● **What is expected**: Scan the entries line by line and return those with "lines".

● **Data for processing**:
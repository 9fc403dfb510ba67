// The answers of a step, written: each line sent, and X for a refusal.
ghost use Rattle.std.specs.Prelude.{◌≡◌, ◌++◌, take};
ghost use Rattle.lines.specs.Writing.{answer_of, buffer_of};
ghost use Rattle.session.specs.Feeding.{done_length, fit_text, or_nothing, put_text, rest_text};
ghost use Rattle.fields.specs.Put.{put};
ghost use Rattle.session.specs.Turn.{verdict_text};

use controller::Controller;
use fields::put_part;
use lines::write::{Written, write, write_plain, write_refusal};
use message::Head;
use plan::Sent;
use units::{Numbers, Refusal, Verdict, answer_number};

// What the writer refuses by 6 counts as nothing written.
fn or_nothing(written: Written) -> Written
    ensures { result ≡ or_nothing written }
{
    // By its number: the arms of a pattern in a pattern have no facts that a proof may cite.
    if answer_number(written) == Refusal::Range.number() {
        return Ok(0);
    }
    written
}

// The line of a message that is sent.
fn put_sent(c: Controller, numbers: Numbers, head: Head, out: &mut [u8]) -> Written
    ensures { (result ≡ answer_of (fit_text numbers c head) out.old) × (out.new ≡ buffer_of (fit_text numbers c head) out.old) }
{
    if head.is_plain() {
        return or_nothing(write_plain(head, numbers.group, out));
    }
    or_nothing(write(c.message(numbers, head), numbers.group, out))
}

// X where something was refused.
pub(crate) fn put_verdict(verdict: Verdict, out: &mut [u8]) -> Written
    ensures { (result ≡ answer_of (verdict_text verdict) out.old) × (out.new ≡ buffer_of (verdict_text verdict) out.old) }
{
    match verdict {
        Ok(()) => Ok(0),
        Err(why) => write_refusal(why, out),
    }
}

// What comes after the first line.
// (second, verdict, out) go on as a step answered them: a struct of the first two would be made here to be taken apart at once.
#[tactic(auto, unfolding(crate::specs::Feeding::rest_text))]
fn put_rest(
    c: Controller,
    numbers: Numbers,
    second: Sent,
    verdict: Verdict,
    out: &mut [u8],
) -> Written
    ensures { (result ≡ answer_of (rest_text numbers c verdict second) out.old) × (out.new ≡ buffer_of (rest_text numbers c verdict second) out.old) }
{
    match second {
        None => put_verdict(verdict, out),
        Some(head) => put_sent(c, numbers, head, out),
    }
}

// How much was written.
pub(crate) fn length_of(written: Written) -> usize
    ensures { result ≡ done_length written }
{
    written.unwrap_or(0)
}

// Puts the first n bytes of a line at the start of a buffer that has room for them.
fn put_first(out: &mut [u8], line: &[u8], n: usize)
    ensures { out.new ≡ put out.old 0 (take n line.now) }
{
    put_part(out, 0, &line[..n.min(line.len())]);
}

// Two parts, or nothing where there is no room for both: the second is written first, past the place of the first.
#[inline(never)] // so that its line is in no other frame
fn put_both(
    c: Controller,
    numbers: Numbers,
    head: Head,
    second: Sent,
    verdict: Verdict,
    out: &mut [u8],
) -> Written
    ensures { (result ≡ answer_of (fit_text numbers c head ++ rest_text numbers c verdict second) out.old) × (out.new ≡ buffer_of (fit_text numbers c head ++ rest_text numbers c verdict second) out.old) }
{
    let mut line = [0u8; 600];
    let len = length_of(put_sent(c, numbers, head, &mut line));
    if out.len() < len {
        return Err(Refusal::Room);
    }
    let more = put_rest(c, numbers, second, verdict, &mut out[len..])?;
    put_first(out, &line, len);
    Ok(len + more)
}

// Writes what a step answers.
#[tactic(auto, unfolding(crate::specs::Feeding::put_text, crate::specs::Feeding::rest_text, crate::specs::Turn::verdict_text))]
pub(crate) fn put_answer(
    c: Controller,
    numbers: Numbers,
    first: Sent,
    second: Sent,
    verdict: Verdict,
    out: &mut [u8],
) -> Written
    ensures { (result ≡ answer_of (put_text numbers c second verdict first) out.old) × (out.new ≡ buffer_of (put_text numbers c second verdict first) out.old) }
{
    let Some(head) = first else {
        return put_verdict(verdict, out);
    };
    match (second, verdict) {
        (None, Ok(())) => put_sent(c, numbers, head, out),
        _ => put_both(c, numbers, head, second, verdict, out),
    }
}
==
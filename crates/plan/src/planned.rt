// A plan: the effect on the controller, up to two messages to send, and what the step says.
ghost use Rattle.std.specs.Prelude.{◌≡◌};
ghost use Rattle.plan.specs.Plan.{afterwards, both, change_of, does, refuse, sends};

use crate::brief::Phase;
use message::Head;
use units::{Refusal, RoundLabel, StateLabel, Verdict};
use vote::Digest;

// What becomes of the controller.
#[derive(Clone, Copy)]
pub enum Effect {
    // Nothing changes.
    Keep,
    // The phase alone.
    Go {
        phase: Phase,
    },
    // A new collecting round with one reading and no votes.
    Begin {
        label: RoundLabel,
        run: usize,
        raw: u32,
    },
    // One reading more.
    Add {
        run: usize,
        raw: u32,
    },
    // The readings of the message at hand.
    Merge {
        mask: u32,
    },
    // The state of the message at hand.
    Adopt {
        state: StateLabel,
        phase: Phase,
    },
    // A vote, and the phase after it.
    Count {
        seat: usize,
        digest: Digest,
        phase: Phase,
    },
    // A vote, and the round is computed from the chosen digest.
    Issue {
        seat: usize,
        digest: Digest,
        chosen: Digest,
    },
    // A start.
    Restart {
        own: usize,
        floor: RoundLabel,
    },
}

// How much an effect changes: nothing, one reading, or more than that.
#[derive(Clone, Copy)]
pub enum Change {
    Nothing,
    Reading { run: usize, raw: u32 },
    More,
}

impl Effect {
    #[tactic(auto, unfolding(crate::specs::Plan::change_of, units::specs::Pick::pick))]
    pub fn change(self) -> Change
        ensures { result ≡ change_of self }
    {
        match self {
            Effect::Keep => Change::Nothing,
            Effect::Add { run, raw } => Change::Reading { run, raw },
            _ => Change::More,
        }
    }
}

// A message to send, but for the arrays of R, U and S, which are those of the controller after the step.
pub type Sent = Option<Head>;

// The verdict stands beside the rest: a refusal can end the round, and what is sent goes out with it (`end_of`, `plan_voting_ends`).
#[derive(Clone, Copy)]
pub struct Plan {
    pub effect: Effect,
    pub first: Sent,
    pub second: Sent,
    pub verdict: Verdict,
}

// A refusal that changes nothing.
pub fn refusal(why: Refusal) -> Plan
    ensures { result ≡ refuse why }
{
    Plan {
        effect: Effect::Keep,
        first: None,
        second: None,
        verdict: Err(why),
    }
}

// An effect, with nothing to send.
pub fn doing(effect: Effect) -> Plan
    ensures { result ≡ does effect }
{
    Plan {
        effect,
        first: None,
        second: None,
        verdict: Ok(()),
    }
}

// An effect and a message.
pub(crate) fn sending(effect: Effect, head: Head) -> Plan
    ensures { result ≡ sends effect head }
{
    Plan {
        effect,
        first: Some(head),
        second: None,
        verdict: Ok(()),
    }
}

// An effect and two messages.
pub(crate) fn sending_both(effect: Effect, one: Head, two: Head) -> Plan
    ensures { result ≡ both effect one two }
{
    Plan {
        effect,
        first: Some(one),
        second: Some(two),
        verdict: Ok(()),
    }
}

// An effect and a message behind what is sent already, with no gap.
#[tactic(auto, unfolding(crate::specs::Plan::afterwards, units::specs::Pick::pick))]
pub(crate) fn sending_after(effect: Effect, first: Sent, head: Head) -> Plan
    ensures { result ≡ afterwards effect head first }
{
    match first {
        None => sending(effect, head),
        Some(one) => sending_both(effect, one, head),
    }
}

● **Answer for the task**:
ghost use Rattle.lines.specs.Writing.{answer_of, buffer_of};
use lines::write::{Written, write, write_plain, write_refusal};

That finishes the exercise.